Io in 30 anni di mestiere ne ho viste di cose: per infinite stagioni la mia vita ha oscillato fra carceri, tribunali, obitori, morti ammazzati, puttane segate in due, travestiti decapitati, il peggio della ferocia umana che è demente e miserabile e non cambia, ma questa storia di Camilleri, prigioniero in un ospizio umano fin che si vuole ma ospizio, unico lucido fra tante menti smerigliate, questa non la reggo nemmeno io.
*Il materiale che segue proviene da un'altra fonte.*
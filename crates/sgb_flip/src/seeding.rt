ghost use Rattle.std.specs.Prelude.{◌≡◌, ◌+◌, ◌%◌, ◌<◌, ◌^◌, length};
ghost use Rattle.sgb_flip.specs.Generator.{rotated, seed_number, seed_words};
ghost use Rattle.sgb_flip.specs.Sequence.{difference};

// The seed modulo 2^31.
pub(crate) fn number_of(seed: i64) -> u32
    ensures value { result ≡ seed_number seed }
    ensures small { result < 2 ^ 31 }
{
    seed.rem_euclid(0x8000_0000) as u32
}

// Fills 55 words as the number of a seed does, from a subtractive sequence and the number's bits.
pub(crate) fn fill(words: &mut [u32], number: u32)
    requires count { length words.old ≡ 55 }
    requires small { number < 2 ^ 31 }
    ensures filled { words.new ≡ seed_words number }
{
    let mut turned = number;
    let mut before = number;
    let mut term = 1u32;
    // Where the next term stands, counted from 1.
    let mut place = 21usize;
    words[54] = number;
    for _j in 1..55usize {
        words[place - 1] = term;
        place = moved_on(place);
        turned = rotated_once(turned);
        let next = difference_of(difference_of(before, term), turned);
        before = term;
        term = next;
    }
}

// 21 places on in a circle of 55.
#[inline(always)]
fn moved_on(place: usize) -> usize
    requires within { place < 55 }
    ensures value { result ≡ (place + 21) % 55 }
{
    if place < 34 { place + 21 } else { place - 34 }
}

// Turns 31 bits right by one place.
fn rotated_once(bits: u32) -> u32
    requires small { bits < 2 ^ 31 }
    ensures turned { result ≡ rotated bits }
    ensures small { result < 2 ^ 31 }
{
    bits / 2 + bits % 2 * 0x4000_0000
}

fn difference_of(a: u32, b: u32) -> u32
    requires small { a < 2 ^ 31 }
    requires taken { b < 2 ^ 31 }
    ensures value { result ≡ difference a b }
    ensures small { result < 2 ^ 31 }
{
    (a + 0x8000_0000 - b) % 0x8000_0000
}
E ho baciato come un pazzo mia madre ho sfiorato Camilleri in saluto e sono uscito correndo e con la mia cagnolina vagavo per la spiaggia sotto il primo sole dopo mesi che m'intontiva ma non era il sole, era un cappio allo stomaco, era che già m'inseguivano le parole, quel senso del raccontare che è un imperativo categorico, che brucia più del Fuoco di Sant'Antonio e mi vedevo lì dentro con i vecchi sfasati a vedere in televisione Conte che fa l'eroe perché uno, un ex grillino memore dello stato concentrazionario, gli ha tirato, di sbieco, uno schiaffo e tutta la politica ha fatto quadrato, sdegno, indignazione, vergogna, solidarietà ma quando ci trattavano da deportati, quando ci recavano al macello come animali sorridenti e confusi, quando dopo le somministrazioni cascavano come mosche, quando dalla chiesa di casa mia le campane a morto si son messe a suonare due volte al giorno, e prima toccavano una volta la settimana, nessuno si preoccupava, nessuno mai una parola di prudenza, di perplessità, di umana pietà.